I could see it ending like that, if only because it would explain why the kids asked the question and put up with such a long answer.

I don’t know what happens in what year, but I was wondering if the mother CAN’T be dead shortly after the last episode because she goes to Ted, Marshall, and Lily’s college reunion and doesn’t she go to the hospital in the whole Barney fake out from the meatball sub one? That could all have happened “before” this restaurant scene or she could have kicked it after, but I’m so confused given the timeline we’ve seen.

Seinfeld, yes. Cheers, absolutely not. “Sorry, we’re closed.” Great episode, with a final beat that didn’t try too hard.

There is that… the kids are (somewhat) putting up with such a long answer for a reason. And I don’t think its because they are really interested in knowing all this stuff about Ted’s friends before he actually met their mother. Why sit through such a long story? I mean I think we all, a while ago, though the framing device had been surpassed and was now a hindrance that the story was about Ted’s adventures and most of the time had nothing to do with the meeting of the mother, but maybe there was something to the framing device after all.

This is the bit that doesn’t make sense to me. It fits in with the interpretation because the mother never makes an appearance as narrative voice, so she’s presumably missing, but she also never appears in the story, which is kinda hard to stomach. So these kids have lost their mother, and their father sits them down and tells them the story of how he met her over 9 hours(seasons) and the mother only makes a tiny appearance in the last half hour or so?

Wasn’t there a moment in an early-ish episode when the mother walked through the background while Future-Ted was talking to the kids?

I think the mother is dying. They’re reminiscing about old times and she realizes that she isn’t going to live to see her daughter’s wedding.

Ted mentions a couple times when his and the Mothers stories intersect (when he teacher her class, the yellow umbrella stuff) “kids, you already know…”.

So the kids have already heard all the Mothers parts of the story. Ted’s telling them his parts.
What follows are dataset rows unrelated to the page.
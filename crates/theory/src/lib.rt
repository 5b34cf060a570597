// The mathematics of builds: each function stands for a theorem, which is its contract.
#![tactic(auto)]

ghost use Rattle.theory.specs.Statements.{OneReading, DepthWithin, Completeness, Exactness, CheapestAt};
ghost use Rattle.theory.specs.Steps.{Closing, Settling};
ghost use Rattle.theory.specs.Spelling.{PricedStands};
ghost use Rattle.theory.specs.Productions.{ListedExact};
ghost use Rattle.theory.specs.Pinned.{Pinned, PinnedLent};
ghost use Rattle.theory.specs.Examples.{Examples};

// A text is the text of one lawful build at most.
pub fn text_reads_one_way()
    ensures { OneReading }
{}

// A lawful build is no deeper than its text is long.
pub fn depth_within_text()
    ensures { DepthWithin }
{}

// In a closed table two nodes are equal exactly if they are of one class.
pub fn classes_decide_equality()
    ensures { Completeness }
{}

// In a closed table the grammar of the classes generates exactly the builds that are equal to a node's build.
pub fn grammar_spells_class()
    ensures { Exactness }
{}

// Whatever the costs are: where choices are settled, what they spell is equal to the node's build, and nothing equal is cheaper.
pub fn cheapest_choices<C>()
    ensures { CheapestAt C }
{}

// Classes that start as single nodes and merge where nodes are equal stay sound, and each merge leaves fewer.
pub fn closing_steps()
    ensures { Closing }
{}

// Whatever the costs are: choosing a cheapest node that can be chosen, class by class, goes on to the end and settles all choices.
pub fn settling_steps<C>()
    ensures { Settling C }
{}

// Where the choices of a book are those of the stages, by a lawful rule, each node spells one build, equal to its own; nothing equal is
// cheaper, and equal nodes spell alike.
pub fn priced_books_stand()
    ensures { PricedStands }
{}

// The productions listed for a node's class spell exactly the builds that are equal to the node's build.
pub fn listing_spells_class()
    ensures { ListedExact }
{}

// What the relations of the calls on a book say leaves nothing open: one answer, and one state after.
pub fn calls_leave_nothing_open()
    ensures { Pinned }
{}

// Nor do the relations of the calls that are lent memory, pricing, spelling and listing: one content of what was lent, too.
pub fn lent_calls_leave_nothing_open()
    ensures { PinnedLent }
{}

// The worked examples of equality stand, each with its answer.
pub fn examples_stand()
    ensures { Examples }
{}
Which are pretty flattering to the (late?) Mother, even if she isn’t in them, since they’re all about how the Universe drove him to find the perfect woman.

So sis and I just watched the ep from the web (using her Roku). After that second bit of dialog, she turned to me and said

[spoiler]She’s gonna die. She says that she gets it, too. There has to be some sense of finality to explain why the stories actually stop. With all the jumping around, stopping at meeting the mother doesn’t make sense.

She did say that it might mean something that happened to her mother, but getting that upset 10 years on seems a bit weird.[/spoiler]

After that episode, she had me watch the pilot (which apparently left out a lot of the jokes in the script, although she said some of them came back in flashbacks) and then the first slap video, so we could end on a happy note. I’m actually thinking I may stop watching if it’s going to get all somber, as I don’t want the melancholy mood to ruin my enjoyment. But, then again, maybe it’s best to get them over with.